2002 Annual

Tuesday, 15 January 2002: 9:30 AM
Comparison of methods for adjusting inhomogeneous radiosonde temperature data
Melissa Free, NOAA/ARL, Silver Spring, MD
The radiosonde record gives important information about upper air temperature trends and variability, but suffers from numerous instrument and procedural changes that may distort those trends. Because radiosonde stations are typically more widely spaced than surface stations, and because instrument changes are often simultaneous throughout an entire country, adjustments based on comparisons of individual records with neighboring station data are not usually useful. Statistical methods for the detection of discontinuities are insufficient by themselves because they do not distinguish natural from artificial changes. The three main approaches that have been used to adjust radiosonde temperature data are: (1) physical modeling of the radiation-induced errors of individual instrument types (R. Eskridge and J. Luers, National Climatic Data Center); (2) comparison with satellite data (D. Parker and M. Gordon, U.K. Met Office, and J. Christy, University of Alabama); and (3) “expert committee” decisions based on multiple criteria (J. Lanzante and S. Klein, NOAA Geophysical Fluid Dynamics Laboratory, and D. Seidel, NOAA Air Resources Lab).
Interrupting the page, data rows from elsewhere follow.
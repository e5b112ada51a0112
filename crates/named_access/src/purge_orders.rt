// The fields of Purge Orders by their numbers, which they have in their order, from 0.
use crate::values::{give, take};
use order_fields::purge_orders;
use orders::Record;

// A field's value into the front of a buffer of zeros, where it is selected.
pub fn get(field: u32, id: u8, r: Record, value: &mut [u8]) -> bool {
    match field {
        0 => give(purge_orders::risk_group_id_cnt(r), value),
        1 => give(purge_orders::risk_group_id(r, id), value),
        2 => give(purge_orders::clearing_firm(r), value),
        3 => give(purge_orders::mass_cancel_inst(r), value),
        4 => give(purge_orders::mass_cancel_id(r), value),
        5 => give(purge_orders::symbol(r), value),
        6 => give(purge_orders::symbol_sfx(r), value),
        7 => give(purge_orders::matching_unit(r), value),
        _ => false,
    }
}

// The record with a field set.
pub fn set(field: u32, id: u8, value: [u8; 64], r: Record) -> Record {
    match field {
        0 => purge_orders::with_risk_group_id_cnt(r, take(value)),
        1 => purge_orders::with_risk_group_id(r, id, take(value)),
        2 => purge_orders::with_clearing_firm(r, take(value)),
        3 => purge_orders::with_mass_cancel_inst(r, take(value)),
        4 => purge_orders::with_mass_cancel_id(r, take(value)),
        5 => purge_orders::with_symbol(r, take(value)),
        6 => purge_orders::with_symbol_sfx(r, take(value)),
        7 => purge_orders::with_matching_unit(r, take(value)),
        _ => r,
    }
}
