// The fields of Logout by their numbers, which they have in their order, from 0.
use crate::values::{give, take};
use session_fields::logout;
use session_messages::Record;
use table::OutgoingNumber;

// A field's value into the front of a buffer of zeros, where it is selected.
pub fn get(field: u32, r: Record, value: &mut [u8]) -> bool {
    match field {
        0 => give(logout::reason(r), value),
        1 => give(logout::text(r), value),
        2 => give(logout::last_received(r).map(|n| n.0), value),
        3 => give(logout::unit_count(r), value),
        _ => false,
    }
}

// The record with a field set.
pub fn set(field: u32, value: [u8; 64], r: Record) -> Record {
    match field {
        0 => logout::with_reason(r, take(value)),
        1 => logout::with_text(r, take(value)),
        2 => logout::with_last_received(r, OutgoingNumber(take(value))),
        _ => r,
    }
}
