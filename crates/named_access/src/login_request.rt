// The fields of Login Request by their numbers, which they have in their order, from 0.
use crate::values::{give, take};
use session_fields::login_request;
use session_messages::Record;

// A field's value into the front of a buffer of zeros, where it is selected.
pub fn get(field: u32, r: Record, value: &mut [u8]) -> bool {
    match field {
        0 => give(login_request::session_sub_id(r), value),
        1 => give(login_request::username(r), value),
        2 => give(login_request::password(r), value),
        3 => give(login_request::group_count(r), value),
        _ => false,
    }
}

// The record with a field set.
pub fn set(field: u32, value: [u8; 64], r: Record) -> Record {
    match field {
        0 => login_request::with_session_sub_id(r, take(value)),
        1 => login_request::with_username(r, take(value)),
        2 => login_request::with_password(r, take(value)),
        _ => r,
    }
}
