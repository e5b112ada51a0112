// The fields of Order Acknowledgment by their numbers, which they have in their order, from 0.
use crate::values::{give, take};
use order_fields::acknowledgment;
use orders::Record;

// A field's value into the front of a buffer of zeros, where it is selected.
pub fn get(field: u32, r: Record, value: &mut [u8]) -> bool {
    match field {
        0 => give(acknowledgment::transaction_time(r), value),
        1 => give(acknowledgment::cl_ord_id(r), value),
        2 => give(acknowledgment::order_id(r), value),
        3 => give(acknowledgment::side(r), value),
        4 => give(acknowledgment::price(r), value),
        5 => give(acknowledgment::exec_inst(r), value),
        6 => give(acknowledgment::ord_type(r), value),
        7 => give(acknowledgment::time_in_force(r), value),
        8 => give(acknowledgment::min_qty(r), value),
        9 => give(acknowledgment::symbol(r), value),
        10 => give(acknowledgment::symbol_sfx(r), value),
        11 => give(acknowledgment::capacity(r), value),
        12 => give(acknowledgment::account(r), value),
        13 => give(acknowledgment::clearing_firm(r), value),
        14 => give(acknowledgment::clearing_account(r), value),
        15 => give(acknowledgment::max_floor(r), value),
        16 => give(acknowledgment::order_qty(r), value),
        17 => give(acknowledgment::leaves_qty(r), value),
        18 => give(acknowledgment::last_shares(r), value),
        19 => give(acknowledgment::last_px(r), value),
        20 => give(acknowledgment::expire_time(r), value),
        _ => false,
    }
}

// The record with a field set.
pub fn set(field: u32, value: [u8; 64], r: Record) -> Record {
    match field {
        0 => acknowledgment::with_transaction_time(r, take(value)),
        1 => acknowledgment::with_cl_ord_id(r, take(value)),
        2 => acknowledgment::with_order_id(r, take(value)),
        3 => acknowledgment::with_side(r, take(value)),
        4 => acknowledgment::with_price(r, take(value)),
        5 => acknowledgment::with_exec_inst(r, take(value)),
        6 => acknowledgment::with_ord_type(r, take(value)),
        7 => acknowledgment::with_time_in_force(r, take(value)),
        8 => acknowledgment::with_min_qty(r, take(value)),
        9 => acknowledgment::with_symbol(r, take(value)),
        10 => acknowledgment::with_symbol_sfx(r, take(value)),
        11 => acknowledgment::with_capacity(r, take(value)),
        12 => acknowledgment::with_account(r, take(value)),
        13 => acknowledgment::with_clearing_firm(r, take(value)),
        14 => acknowledgment::with_clearing_account(r, take(value)),
        15 => acknowledgment::with_max_floor(r, take(value)),
        16 => acknowledgment::with_order_qty(r, take(value)),
        17 => acknowledgment::with_leaves_qty(r, take(value)),
        18 => acknowledgment::with_last_shares(r, take(value)),
        19 => acknowledgment::with_last_px(r, take(value)),
        20 => acknowledgment::with_expire_time(r, take(value)),
        _ => r,
    }
}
At a workshop in October 2000, methods to identify and adjust for inhomogeneities in radiosonde records were discussed and the results of applying those methods to a common set of 12 radiosonde stations were compared. Fewer than 50% of the discontinuities found by different groups at the same stations were within one year of each other. Even when the dates coincided, the amounts and even the signs of the adjustments at individual pressure levels varied widely. For some stations and levels, the effect of adjustments on trends is comparable in size to the trends themselves. These comparisons suggest that individual station time series adjusted by different methods can differ substantially, with potentially significant effects on local or regional trends.

A new project is underway to create an improved subset of radiosonde temperature data from the CARDS database. Starting with an 87-station dataset for 1958-1997 adjusted using the expert committee approach, the project will include additional stations and extend the dataset to the present, with provision for future updating at NCDC.